Bu yüzden yeni alavere dalavere işlerine girmeye başlamışlar.
Dışarıdan yapılan propagandaya karşı AK Parti seçmeninin artık bağışıklık kazandığının farkındalar. Ne anlatsalar tutmuyor.
Sultan diyorlar, otokrat diyorlar, diktatör diyorlar falan diyorlar filan diyorlar ama tutmuyor. Yemiyor millet.
ADINI VERMEYEN BİR YETKİLİYMİŞ
Çünkü Türkiye'de toplum Batı'dan esen bu yalan rüzgârına olabildiğince aşina.
Sultan İkinci Abdülhamit döneminden hafızasına işlenmiş olan bu hakikati unutmuyor.
Bu yüzden İstanbul seçimleri öncesi yeni bir metot deneniyor.

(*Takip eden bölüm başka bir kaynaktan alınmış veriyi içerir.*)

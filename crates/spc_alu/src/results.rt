ghost use Rattle.std.specs.Prelude.{◌≡◌, ◌+◌, ◌%◌};
ghost use Rattle.spc_alu.specs.Results.{
  changed,
  changed_by_a,
  combined,
  internal,
  loaded,
  popped,
  stored,
  unchanged,
  with_a,
  word_loaded,
};

use crate::arithmetic::{
    adjusted, adjusted_after_subtraction, digits_exchanged, divided, multiplied,
};
use crate::bits::{number_in, with_bit_at};
use crate::changes::{
    Changed, bits_cleared, bits_set, decremented, incremented, rotated_left, rotated_right,
    shifted_left, shifted_right, with_nz_of,
};
use crate::status::{put_a, put_flag, put_x, put_y};
use crate::sums::{added, compared, subtracted};
use crate::words::{word_added, word_compared, word_subtracted, ya_loaded};
use spc_tables::{
    CARRY, DIRECT_PAGE, HALF_CARRY, INTERRUPT_ENABLE, OVERFLOW, SpcMode, SpcOp, SpcRegs,
};
use status_bits::is_set;

/// A value that stays, with PSW.
#[inline(always)]
fn as_it_was(psw: u8, byte: u8) -> Changed
    ensures { result ≡ unchanged psw byte }
{
    Changed { value: byte, psw }
}

/// OR, AND, EOR, ADC, SBC and CMP between two operands, the first of which takes the result.
#[tactic(auto, unfolding(crate::specs::Results::combined))]
#[inline(always)]
pub fn combine(op: SpcOp, psw: u8, first: u8, second: u8) -> Changed
    ensures { result ≡ combined op psw first second }
{
    match op {
        SpcOp::Or => with_nz_of(first | second, psw),
        SpcOp::And => with_nz_of(first & second, psw),
        SpcOp::Eor => with_nz_of(first ^ second, psw),
        SpcOp::Adc => added(psw, first, second),
        SpcOp::Sbc => subtracted(psw, first, second),
        SpcOp::Cmp => Changed {
            value: first,
            psw: compared(psw, first, second),
        },
        _ => as_it_was(psw, first),
    }
}

/// Puts a changed value into A.
#[inline(always)]
fn put_changed(regs: &mut SpcRegs, changed: Changed)
    ensures { regs.new ≡ with_a regs.old changed }
{
    regs.a = changed.value;
    regs.psw = changed.psw;
}

/// Applies an operation between a register and a byte that was read.
#[tactic(auto, unfolding(crate::specs::Results::loaded))]
#[inline(always)]
pub fn load(regs: &mut SpcRegs, op: SpcOp, byte: u8)
    ensures { regs.new ≡ loaded op regs.old byte }
{
    match op {
        SpcOp::MovA => put_a(regs, byte),
        SpcOp::MovX => put_x(regs, byte),
        SpcOp::MovY => put_y(regs, byte),
        SpcOp::CmpX => regs.psw = compared(regs.psw, regs.x, byte),
        SpcOp::CmpY => regs.psw = compared(regs.psw, regs.y, byte),
        _ => {
            let changed = combine(op, regs.psw, regs.a, byte);
            put_changed(regs, changed);
        }
    }
}

/// Changes a byte, in memory or in A.
#[tactic(auto, unfolding(crate::specs::Results::changed))]
#[inline(always)]
pub fn change(op: SpcOp, mode: SpcMode, psw: u8, byte: u8) -> Changed
    ensures { result ≡ changed op mode psw byte }
{
    match op {
        SpcOp::Asl => shifted_left(psw, byte),
        SpcOp::Lsr => shifted_right(psw, byte),
        SpcOp::Rol => rotated_left(psw, byte),
        SpcOp::Ror => rotated_right(psw, byte),
        SpcOp::Inc => incremented(psw, byte),
        SpcOp::Dec => decremented(psw, byte),
        SpcOp::Set1 => as_it_was(psw, with_bit_at(byte, number_in(mode), true)),
        SpcOp::Clr1 => as_it_was(psw, with_bit_at(byte, number_in(mode), false)),
        _ => as_it_was(psw, byte),
    }
}

/// Changes a byte by the bits of A, as TSET1 and TCLR1 do.
#[tactic(auto, unfolding(crate::specs::Results::changed_by_a))]
#[inline(always)]
pub fn change_by_a(op: SpcOp, regs: SpcRegs, byte: u8) -> Changed
    ensures { result ≡ changed_by_a op regs byte }
{
    match op {
        SpcOp::Tset1 => bits_set(regs.a, regs.psw, byte),
        SpcOp::Tclr1 => bits_cleared(regs.a, regs.psw, byte),
        _ => as_it_was(regs.psw, byte),
    }
}

/// The byte that is stored or pushed.
#[tactic(auto, unfolding(crate::specs::Results::stored))]
#[inline(always)]
pub fn stored_byte(op: SpcOp, regs: SpcRegs) -> u8
    ensures { result ≡ stored op regs }
{
    match op {
        SpcOp::StoreA => regs.a,
        SpcOp::StoreX => regs.x,
        SpcOp::StoreY => regs.y,
        SpcOp::PushA => regs.a,
        SpcOp::PushX => regs.x,
        SpcOp::PushY => regs.y,
        SpcOp::PushPsw => regs.psw,
        _ => 0,
    }
}

/// Puts a byte that was pulled into one of the registers.
#[tactic(auto, unfolding(crate::specs::Results::popped))]
#[inline(always)]
pub fn pop(regs: &mut SpcRegs, op: SpcOp, byte: u8)
    ensures { regs.new ≡ popped op regs.old byte }
{
    match op {
        SpcOp::PopA => regs.a = byte,
        SpcOp::PopX => regs.x = byte,
        SpcOp::PopY => regs.y = byte,
        SpcOp::PopPsw => regs.psw = byte,
        _ => {}
    }
}

/// Applies an operation between YA and a word that was read.
#[tactic(auto, unfolding(crate::specs::Results::word_loaded))]
#[inline(always)]
pub fn load_word(regs: &mut SpcRegs, op: SpcOp, word: u16)
    ensures { regs.new ≡ word_loaded op regs.old word }
{
    match op {
        SpcOp::MovwYa => *regs = ya_loaded(*regs, word),
        SpcOp::Addw => *regs = word_added(*regs, word),
        SpcOp::Subw => *regs = word_subtracted(*regs, word),
        SpcOp::Cmpw => *regs = word_compared(*regs, word),
        _ => {}
    }
}

/// One more, modulo 256.
#[inline(always)]
fn one_more(value: u8) -> u8
    ensures { result ≡ (value + 1) % 256 }
{
    ((value as u16 + 1) % 256) as u8
}

/// One less, modulo 256.
#[inline(always)]
fn one_less(value: u8) -> u8
    ensures { result ≡ (value + 255) % 256 }
{
    ((value as u16 + 255) % 256) as u8
}

/// A shift or a count of A.
#[inline(always)]
fn change_a(regs: &mut SpcRegs, op: SpcOp, mode: SpcMode)
    ensures { regs.new ≡ with_a regs.old (changed op mode regs.old.psw regs.old.a) }
{
    let changed = change(op, mode, regs.psw, regs.a);
    put_changed(regs, changed);
}

/// Applies what happens inside the processor, in registers and flags alone.
#[tactic(auto, unfolding(crate::specs::Results::internal))]
#[inline(always)]
pub fn work_internally(regs: &mut SpcRegs, op: SpcOp, mode: SpcMode)
    ensures { regs.new ≡ internal op mode regs.old }
{
    match op {
        // Transfers.
        SpcOp::MovAX => put_a(regs, regs.x),
        SpcOp::MovAY => put_a(regs, regs.y),
        SpcOp::MovXA => put_x(regs, regs.a),
        SpcOp::MovYA => put_y(regs, regs.a),
        SpcOp::MovXSp => put_x(regs, regs.sp),
        SpcOp::MovSpX => regs.sp = regs.x,
        // Shifts and counts.
        SpcOp::Asl => change_a(regs, SpcOp::Asl, mode),
        SpcOp::Lsr => change_a(regs, SpcOp::Lsr, mode),
        SpcOp::Rol => change_a(regs, SpcOp::Rol, mode),
        SpcOp::Ror => change_a(regs, SpcOp::Ror, mode),
        SpcOp::Inc => change_a(regs, SpcOp::Inc, mode),
        SpcOp::Dec => change_a(regs, SpcOp::Dec, mode),
        SpcOp::IncX => put_x(regs, one_more(regs.x)),
        SpcOp::IncY => put_y(regs, one_more(regs.y)),
        SpcOp::DecX => put_x(regs, one_less(regs.x)),
        SpcOp::DecY => put_y(regs, one_less(regs.y)),
        // Multiplication, division, decimal digits.
        SpcOp::Mul => *regs = multiplied(*regs),
        SpcOp::Div => *regs = divided(*regs),
        SpcOp::Daa => *regs = adjusted(*regs),
        SpcOp::Das => *regs = adjusted_after_subtraction(*regs),
        SpcOp::Xcn => *regs = digits_exchanged(*regs),
        // Flags.
        SpcOp::Clrp => put_flag(regs, DIRECT_PAGE, false),
        SpcOp::Setp => put_flag(regs, DIRECT_PAGE, true),
        SpcOp::Clrc => put_flag(regs, CARRY, false),
        SpcOp::Setc => put_flag(regs, CARRY, true),
        SpcOp::Notc => put_flag(regs, CARRY, !is_set(regs.psw, CARRY)),
        SpcOp::Clrv => {
            put_flag(regs, OVERFLOW, false);
            put_flag(regs, HALF_CARRY, false);
        }
        SpcOp::Ei => put_flag(regs, INTERRUPT_ENABLE, true),
        SpcOp::Di => put_flag(regs, INTERRUPT_ENABLE, false),
        _ => {}
    }
}
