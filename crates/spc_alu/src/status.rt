ghost use Rattle.std.specs.Prelude.{◌≡◌, ◌<◌, IsTrue};
ghost use Rattle.status_bits.specs.StatusBits.{is_weight};
ghost use Rattle.spc_alu.specs.Status.{
  bit_of,
  load_a,
  load_x,
  load_y,
  with_flag,
  with_nz,
  with_nz_word,
};

use spc_tables::{NEGATIVE, SpcRegs, ZERO};
use status_bits::with_bit;

/// A flag as a number.
#[inline(always)]
pub fn bit_number(on: bool) -> u8
    ensures value { result ≡ bit_of on }
    ensures small { result < 2 }
{
    if on { 1 } else { 0 }
}

/// PSW with N and Z from a byte.
#[tactic(auto, unfolding(crate::specs::Status::with_nz))]
#[inline(always)]
pub fn with_result(value: u8, psw: u8) -> u8
    ensures { result ≡ with_nz value psw }
{
    with_bit(
        with_bit(psw, ZERO, value == 0),
        NEGATIVE,
        value / 128 % 2 == 1,
    )
}

/// PSW with N and Z from a word.
#[tactic(auto, unfolding(crate::specs::Status::with_nz_word))]
#[inline(always)]
pub fn with_word_result(value: u16, psw: u8) -> u8
    ensures { result ≡ with_nz_word value psw }
{
    with_bit(
        with_bit(psw, ZERO, value == 0),
        NEGATIVE,
        value / 32768 % 2 == 1,
    )
}

/// Loads a byte into A, and sets N and Z by it.
#[tactic(auto, unfolding(crate::specs::Status::load_a))]
#[inline(always)]
pub fn a_loaded(regs: SpcRegs, value: u8) -> SpcRegs
    ensures { result ≡ load_a regs value }
{
    SpcRegs {
        a: value,
        psw: with_result(value, regs.psw),
        ..regs
    }
}

/// Loads a byte into A in place, and sets N and Z by it.
#[tactic(auto, unfolding(crate::specs::Status::load_a))]
#[inline(always)]
pub fn put_a(regs: &mut SpcRegs, value: u8)
    ensures { regs.new ≡ load_a regs.old value }
{
    regs.a = value;
    regs.psw = with_result(value, regs.psw);
}

/// Loads a byte into X in place, and sets N and Z by it.
#[tactic(auto, unfolding(crate::specs::Status::load_x))]
#[inline(always)]
pub fn put_x(regs: &mut SpcRegs, value: u8)
    ensures { regs.new ≡ load_x regs.old value }
{
    regs.x = value;
    regs.psw = with_result(value, regs.psw);
}

/// Loads a byte into Y in place, and sets N and Z by it.
#[tactic(auto, unfolding(crate::specs::Status::load_y))]
#[inline(always)]
pub fn put_y(regs: &mut SpcRegs, value: u8)
    ensures { regs.new ≡ load_y regs.old value }
{
    regs.y = value;
    regs.psw = with_result(value, regs.psw);
}

/// Sets or clears a flag in place.
#[inline(always)]
pub fn put_flag(regs: &mut SpcRegs, weight: u8, on: bool)
    requires { IsTrue (is_weight weight) }
    ensures { regs.new ≡ with_flag regs.old weight on }
{
    regs.psw = with_bit(regs.psw, weight, on);
}

/// Sets or clears a flag.
#[inline(always)]
pub fn flag_set(regs: SpcRegs, weight: u8, on: bool) -> SpcRegs
    requires { IsTrue (is_weight weight) }
    ensures { result ≡ with_flag regs weight on }
{
    SpcRegs {
        psw: with_bit(regs.psw, weight, on),
        ..regs
    }
}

Uydurma haber yapılarak seçmen davranışının yönlendirilme çabası var.
Geçen gün Reuters tarafından abonelerine geçilen bir haberde güya bir AK Partili yetkili ile konuşulmuş. İsmi yok. Cismi yok. Muhtemelen kanka oldukları birinin ağzından kendi planlarını aktarmışlar.
O isimsiz kişi de İstanbul seçimlerinde kendi partisinin üç puan geride olduğunu söylemiş.

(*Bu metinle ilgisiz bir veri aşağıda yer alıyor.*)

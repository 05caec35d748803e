ghost use Rattle.std.specs.Prelude.{◌≡◌, IsTrue};
ghost use Rattle.status_bits.specs.StatusBits.{is_weight};
ghost use Rattle.spc_alu.specs.Bits.{
  bit_number,
  bit_written,
  carry_after,
  differ,
  is_bit,
  put_bit,
  weight,
  with_bit_carry,
};

use crate::status::put_flag;
use spc_tables::{CARRY, SpcMode, SpcOp, SpcRegs};
use status_bits::{is_set, with_bit};

/// The weight of a bit by its number.
#[tactic(auto, unfolding(crate::specs::Bits::weight))]
#[inline(always)]
pub fn weight_of(number: u8) -> u8
    ensures value { result ≡ weight number }
    ensures weight { IsTrue (is_weight result) }
{
    match number {
        0 => 1,
        1 => 2,
        2 => 4,
        3 => 8,
        4 => 16,
        5 => 32,
        6 => 64,
        _ => 128,
    }
}

/// Whether a bit of a byte is set.
#[inline(always)]
pub fn has_bit(byte: u8, number: u8) -> bool
    ensures { result ≡ is_bit byte number }
{
    is_set(byte, weight_of(number))
}

/// A byte with a bit on or off.
#[inline(always)]
pub fn with_bit_at(byte: u8, number: u8, on: bool) -> u8
    ensures { result ≡ put_bit byte number on }
{
    with_bit(byte, weight_of(number), on)
}

/// The number of the bit that an opcode names.
#[inline(always)]
pub fn number_in(mode: SpcMode) -> u8
    ensures { result ≡ bit_number mode }
{
    match mode {
        SpcMode::DirectBit(number) => number,
        SpcMode::DirectBitRelative(number) => number,
        _ => 0,
    }
}

/// C after an operation between it and a bit.
#[tactic(auto, unfolding(crate::specs::Bits::carry_after))]
#[inline(always)]
fn carry_with(op: SpcOp, carry: bool, bit: bool) -> bool
    ensures { result ≡ carry_after op carry bit }
{
    match op {
        SpcOp::Or1 => carry || bit,
        SpcOp::OrNot1 => carry || !bit,
        SpcOp::And1 => carry && bit,
        SpcOp::AndNot1 => carry && !bit,
        SpcOp::Eor1 => if carry { !bit } else { bit },
        SpcOp::MovC1 => bit,
        _ => carry,
    }
}

/// The registers after an operation between C and a bit of a byte.
#[tactic(auto, unfolding(crate::specs::Bits::with_bit_carry))]
#[inline(always)]
pub fn carry_of_bit(regs: &mut SpcRegs, op: SpcOp, number: u8, byte: u8)
    ensures { regs.new ≡ with_bit_carry op regs.old number byte }
{
    let carry = carry_with(op, is_set(regs.psw, CARRY), has_bit(byte, number));
    put_flag(regs, CARRY, carry);
}

/// The byte that MOV1 with C as the bit, or NOT1, writes back.
#[tactic(auto, unfolding(crate::specs::Bits::bit_written))]
#[inline(always)]
pub fn byte_with_bit(op: SpcOp, psw: u8, number: u8, byte: u8) -> u8
    ensures { result ≡ bit_written op psw number byte }
{
    match op {
        SpcOp::StoreC1 => with_bit_at(byte, number, is_set(psw, CARRY)),
        _ => with_bit_at(byte, number, !has_bit(byte, number)),
    }
}
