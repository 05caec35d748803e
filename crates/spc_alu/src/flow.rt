ghost use Rattle.std.specs.Prelude.{◌≡◌};
ghost use Rattle.spc_alu.specs.Flow.{counted, relative, taken, taken_by, with_break};

use crate::bits::{has_bit, number_in};
use spc_tables::{
    BREAK, CARRY, INTERRUPT_ENABLE, NEGATIVE, OVERFLOW, SpcMode, SpcOp, SpcRegs, ZERO,
};
use status_bits::{is_set, with_bit};

/// Whether a branch is taken, by PSW.
#[tactic(auto, unfolding(crate::specs::Flow::taken))]
#[inline(always)]
pub fn is_taken(op: SpcOp, psw: u8) -> bool
    ensures { result ≡ taken op psw }
{
    match op {
        SpcOp::Bpl => !is_set(psw, NEGATIVE),
        SpcOp::Bmi => is_set(psw, NEGATIVE),
        SpcOp::Bvc => !is_set(psw, OVERFLOW),
        SpcOp::Bvs => is_set(psw, OVERFLOW),
        SpcOp::Bcc => !is_set(psw, CARRY),
        SpcOp::Bcs => is_set(psw, CARRY),
        SpcOp::Bne => !is_set(psw, ZERO),
        SpcOp::Beq => is_set(psw, ZERO),
        SpcOp::Bra => true,
        _ => false,
    }
}

/// DBNZ: one less, modulo 256.
#[inline(always)]
pub fn counted_down(byte: u8) -> u8
    ensures { result ≡ counted byte }
{
    ((byte as u16 + 255) % 256) as u8
}

/// Whether a branch is taken, by A and a byte of memory.
#[tactic(auto, unfolding(crate::specs::Flow::taken_by))]
#[inline(always)]
pub fn is_taken_by(op: SpcOp, mode: SpcMode, a: u8, byte: u8) -> bool
    ensures { result ≡ taken_by op mode a byte }
{
    match op {
        SpcOp::Bbs => has_bit(byte, number_in(mode)),
        SpcOp::Bbc => !has_bit(byte, number_in(mode)),
        SpcOp::Cbne => byte != a,
        SpcOp::Dbnz => counted_down(byte) != 0,
        _ => false,
    }
}

/// The address at a signed byte's distance from the program counter.
#[tactic(auto, unfolding(crate::specs::Flow::relative))]
#[inline(always)]
pub fn place_at(pc: u16, distance: u8) -> u16
    ensures { result ≡ relative pc distance }
{
    let sign = if distance < 128 { 0 } else { 65280 };
    ((pc as u32 + distance as u32 + sign) % 65536) as u16
}

/// BRK: B is set, and I cleared.
#[tactic(auto, unfolding(crate::specs::Flow::with_break))]
#[inline(always)]
pub fn break_set(regs: SpcRegs) -> SpcRegs
    ensures { result ≡ with_break regs }
{
    SpcRegs {
        psw: with_bit(with_bit(regs.psw, BREAK, true), INTERRUPT_ENABLE, false),
        ..regs
    }
}
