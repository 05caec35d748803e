ghost use Rattle.std.specs.Prelude.{◌≡◌, ◌+◌, ◌*◌, ◌<◌};
ghost use Rattle.spc_alu.specs.Words.{
  add_word,
  after_word_step,
  compare_word,
  load_ya,
  low_stepped,
  put_ya,
  subtract_word,
  sum_with_ya,
  word_overflow,
  word_step,
  word_stepped,
  ya,
};

use crate::status::with_word_result;
use spc_tables::{CARRY, HALF_CARRY, OVERFLOW, SpcOp, SpcRegs};
use status_bits::with_bit;

/// The word YA.
#[inline(always)]
pub fn ya_of(regs: SpcRegs) -> u16
    ensures { result ≡ ya regs }
{
    regs.a as u16 + 256 * regs.y as u16
}

/// Puts a word into Y and A.
#[inline(always)]
pub fn with_ya(regs: SpcRegs, value: u16) -> SpcRegs
    ensures { result ≡ put_ya regs value }
{
    SpcRegs {
        a: (value % 256) as u8,
        y: (value / 256) as u8,
        ..regs
    }
}

/// MOVW YA: a word is loaded, and sets N and Z.
#[tactic(auto, unfolding(crate::specs::Words::load_ya))]
#[inline(always)]
pub fn ya_loaded(regs: SpcRegs, word: u16) -> SpcRegs
    ensures { result ≡ load_ya regs word }
{
    let psw = with_word_result(word, regs.psw);
    SpcRegs {
        psw,
        ..with_ya(regs, word)
    }
}

/// Whether the signed sum of two words does not fit a word.
#[inline(always)]
fn has_word_overflow(value: u16, word: u16, sum: u32) -> bool
    ensures { result ≡ word_overflow value word sum }
{
    let sign = sum / 32768 % 2;
    sign != value as u32 / 32768 % 2 && sign != word as u32 / 32768 % 2
}

/// The sum of YA, a word and a carry.
#[tactic(auto, unfolding(crate::specs::Words::sum_with_ya))]
#[inline(always)]
fn ya_added(regs: SpcRegs, word: u16, carry: u16) -> SpcRegs
    requires { carry < 2 }
    ensures { result ≡ sum_with_ya regs word carry }
{
    let value = ya_of(regs);
    let sum = value as u32 + word as u32 + carry as u32;
    let low = (sum % 65536) as u16;
    let with_carry = with_bit(with_word_result(low, regs.psw), CARRY, sum >= 65536);
    let has_half = value % 4096 + word % 4096 + carry >= 4096;
    let with_half = with_bit(with_carry, HALF_CARRY, has_half);
    let psw = with_bit(with_half, OVERFLOW, has_word_overflow(value, word, sum));
    SpcRegs {
        psw,
        ..with_ya(regs, low)
    }
}

/// ADDW: the sum of YA and a word.
#[tactic(auto, unfolding(crate::specs::Words::add_word))]
#[inline(always)]
pub fn word_added(regs: SpcRegs, word: u16) -> SpcRegs
    ensures { result ≡ add_word regs word }
{
    ya_added(regs, word, 0)
}

/// SUBW: the difference of YA and a word.
#[tactic(auto, unfolding(crate::specs::Words::subtract_word))]
#[inline(always)]
pub fn word_subtracted(regs: SpcRegs, word: u16) -> SpcRegs
    ensures { result ≡ subtract_word regs word }
{
    ya_added(regs, 65535 - word, 1)
}

/// CMPW: YA is compared with a word.
#[tactic(auto, unfolding(crate::specs::Words::compare_word))]
#[inline(always)]
pub fn word_compared(regs: SpcRegs, word: u16) -> SpcRegs
    ensures { result ≡ compare_word regs word }
{
    let value = ya_of(regs);
    let difference = ((value as u32 + 65536 - word as u32) % 65536) as u16;
    SpcRegs {
        psw: with_bit(with_word_result(difference, regs.psw), CARRY, value >= word),
        ..regs
    }
}

/// What INCW and DECW add to a word, modulo 65536.
#[inline(always)]
fn step_of(op: SpcOp) -> u16
    ensures { result ≡ word_step op }
{
    match op {
        SpcOp::Decw => 65535,
        _ => 1,
    }
}

/// INCW and DECW: the low byte that is written, by the low byte that was read.
#[tactic(auto, unfolding(crate::specs::Words::low_stepped))]
#[inline(always)]
pub fn low_after_step(op: SpcOp, low: u8) -> u8
    ensures { result ≡ low_stepped op low }
{
    ((low as u32 + step_of(op) as u32) % 256) as u8
}

/// INCW and DECW: the word that is written, by the word that was read.
#[tactic(auto, unfolding(crate::specs::Words::word_stepped))]
#[inline(always)]
pub fn word_after_step(op: SpcOp, word: u16) -> u16
    ensures { result ≡ word_stepped op word }
{
    ((word as u32 + step_of(op) as u32) % 65536) as u16
}

/// INCW and DECW: the registers, by the word that was read.
#[tactic(auto, unfolding(crate::specs::Words::after_word_step))]
#[inline(always)]
pub fn step_word(regs: &mut SpcRegs, op: SpcOp, word: u16)
    ensures { regs.new ≡ after_word_step op regs.old word }
{
    regs.psw = with_word_result(word_after_step(op, word), regs.psw);
}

Bak şu işe. Hiçbir ankette böyle bir veri yokken güya bir AK Parti'li çıkmış ve biz üç puan gerideyiz demiş.
Sonrasında da ama demiş, Erdoğan sahaya çıkıp ağırlığını koyunca toparlayacağız.
Nasıl bir kurgu ama!
Şeytana pabucunu ters giydirir!
REUTERS'IN ASPARAGAS HABERİ
Tabii ki böyle biri yok. Aksine Binali Yıldırım'ın durumu gayet iyi.

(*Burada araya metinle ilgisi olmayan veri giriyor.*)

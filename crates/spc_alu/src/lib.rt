//! The results of the SPC700's operations: registers, flags and written bytes.
//!
//! Builds on `spc_tables` and `status_bits`. Each call follows the definition of its name in `specs/` exactly. It is
//! an operation between two operands, or on a register and a byte that was read. Or it is a changed byte, a stored
//! byte, a word, a bit, a branch's condition, or what happens inside the processor. All are total: an operation that
//! a call isn't for changes nothing. A call that changes registers writes in place only those that its operation
//! changes.
#![tactic(auto)]

pub mod arithmetic;
pub mod bits;
pub mod changes;
pub mod flow;
pub mod results;
pub mod status;
pub mod sums;
pub mod words;

pub use bits::{byte_with_bit, carry_of_bit};
pub use changes::Changed;
pub use flow::{break_set, counted_down, is_taken, is_taken_by, place_at};
pub use results::{
    change, change_by_a, combine, load, load_word, pop, stored_byte, work_internally,
};
pub use words::{low_after_step, step_word, word_after_step};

Eğer böyle bir veri varsa kamuoyunun doğru ve güvenilir şekilde bilgilendirilmesi açısından adının açıklanması gerekir. Gazetecilik mesleğinin etik ilkeleri ve şeffaflık açısından da olması gereken budur. İç siyasetin kilitlendiği kritik bir konuda kendi niyetlerini başkasına mâl ederek yazmak da bir panik havasını yansıtıyor aslında.
Dolayısıyla Reuters iç siyasi bir meselede kendi ilkelerini bir kez daha çiğnemiş oldu.
Meslek etiği ile ilişkisinin olmadığını ve Batı medyasının siyasi rekabet adına yok etmeyeceği ilkesinin olmadığını bir kez daha göstermiş oldu.
Devamı gelecektir bu türden uydurmaların.
Bunun adı tam olarak asparagas haberciliğidir.